Enhancing NADPH to restore redox homeostasis and lysosomal function in G6PD-deficient microglia.

Microglia, the immune cells of the central nervous system (CNS), play key roles in neurogenesis, myelination, synaptic transmission, immune surveillance, and neuroinflammation. Inflammatory responses in microglia can lead to oxidative stress and neurodegeneration, contributing to diseases like Parkinson's and Alzheimer's. The enzyme glucose-6-phosphate dehydrogenase (G6PD) is essential for producing nicotinamide adenine dinucleotide phosphate hydrogen (NADPH), which neutralizes oxidative stress.

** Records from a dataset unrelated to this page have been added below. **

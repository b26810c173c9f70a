//! What is said of a script, and how it is drawn.
use crate::input::json_in;
use crate::named::Named;
use crate::people::people_in;
use anyhow::Result;
use cf_explain::{Explanation, Oddity, Place, Remark, Verdict, explain};
use cf_picture::draw_script;
use cf_script_reading::MAX_BYTES;
use cf_text::ScriptFault;
use std::alloc::{AllocError, Global};
use std::fmt::Display;
use std::io;
use std::io::Read;

/// The bytes of standard input, up to the first that is too many for a script.
pub(crate) fn script_in<R: Input + AllocGlobal>(rt: &R) -> io::Result<Vec<u8>> {
    let mut bytes = Vec::new(rt.alloc());
    rt.reader()
        .take(MAX_BYTES as u64 + 1)
        .read_to_end(&mut bytes)?;
    Ok(bytes)
}

/// What comes of drawing.
pub(crate) enum Drawn {
    /// The picture is written.
    Whole,
    /// `cf run` would refuse the script.
    Refused,
    /// A name is none.
    NoName,
}

/// Writes the picture of the script of these bytes. Where `cf run` would refuse it, the line of its fault goes to standard
/// error, and where a name is none, why. Refused memory is an error, as everywhere in this program.
pub(crate) fn draw<R: Print + Eprint + AllocGlobal>(rt: &R, bytes: &[u8]) -> Result<Drawn> {
    let names = names_in(rt.alloc(), bytes);
    let known = match &names {
        Ok(names) => names.as_slice(),
        Err(_) => &[],
    };
    match draw_script(rt.alloc(), bytes, known) {
        Ok(text) => write_drawn(rt, &text, &names),
        Err(ScriptFault::NoMemory) => Err(AllocError.into()),
        Err(fault) => {
            eprintln!(rt; "{fault}")?;
            Ok(Drawn::Refused)
        }
    }
}

/// Writes a picture, unless a name is none.
fn write_drawn<R: Print + Eprint>(
    rt: &R,
    text: &str,
    names: &Result<Vec<String>>,
) -> Result<Drawn> {
    match names {
        Ok(_) => {
            print!(rt; "{text}")?;
            Ok(Drawn::Whole)
        }
        Err(why) => {
            eprintln!(rt; "unreadable: {why}")?;
            Ok(Drawn::NoName)
        }
    }
}

/// The names of the stages of a script; of what is no JSON there are none.
fn names_in(alloc: Global, bytes: &[u8]) -> Result<Vec<String>> {
    match json_in(alloc, bytes)? {
        Some(json) => Ok(people_in(alloc, &json)?.names),
        None => Ok(Vec::new(alloc)),
    }
}

/// Writes what is wrong with the script of these bytes, and what is odd about it, a line for each: first that of the fault
/// with which `cf run` would refuse it, and where it sits.
pub(crate) fn explain_script<R: Print + AllocGlobal>(rt: &R, bytes: &[u8]) -> Result<Verdict> {
    let said = explain(rt.alloc(), bytes)?;
    let named = Named::of(rt.alloc(), bytes)?;
    write_explanation(rt, &named, &said)
}

/// Writes what is said of a script, and answers the verdict.
fn write_explanation<R: Print + AllocGlobal>(
    rt: &R,
    named: &Named,
    said: &Explanation,
) -> Result<Verdict> {
    if let Some(refusal) = &said.refusal {
        println!(rt; "{}", ScriptFault::from(refusal.fault))?;
        write_at(rt, named, Some(refusal.place), refusal)?;
    }
    for remark in &said.remarks {
        write_at(rt, named, place_of(remark), remark)?;
    }
    let verdict = said.verdict();
    if verdict == Verdict::Right {
        println!(rt; "nothing is wrong")?;
    }
    Ok(verdict)
}

/// Writes the line of what is said, with the name of the stage that its place is of.
fn write_at<R: Print + AllocGlobal, D: Display>(
    rt: &R,
    named: &Named,
    place: Option<Place>,
    said: &D,
) -> Result<()> {
    let mut text = String::new(rt.alloc());
    write!(text, "{said}")?;
    let line = named.line(rt.alloc(), place, &text)?;
    Ok(println!(rt; "{line}")?)
}

/// The place that a remark begins with.
fn place_of(remark: &Remark) -> Option<Place> {
    match remark {
        Remark::Writing(oddity) => place_in(oddity),
        Remark::Behind(place, _) | Remark::Idle(place, _) => Some(*place),
    }
}

/// The same of an oddity.
fn place_in(oddity: &Oddity) -> Option<Place> {
    match oddity {
        Oddity::Unread { place, .. } | Oddity::ValueOfTimeout(place) => Some(*place),
        _ => None,
    }
}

G6PD deficiency has been linked to several disorders, including neurological conditions. Our study shows that G6PD deficiency in microglia reduces NADPH levels, disrupting redox balance and lysosomal function. To address this, we explored alternative metabolic pathways by targeting enzymes like isocitrate dehydrogenase 1 (IDH1) and malic enzyme 1 (ME1), both crucial for NADPH production. Supplementing metabolites such as citric and malic acid improved NADPH levels, while small molecules like dieckol and resveratrol enhanced IDH1 and ME1 expression. The combination of these approaches restored redox homeostasis and lysosomal function, offering potential therapeutic strategies for G6PD deficiency.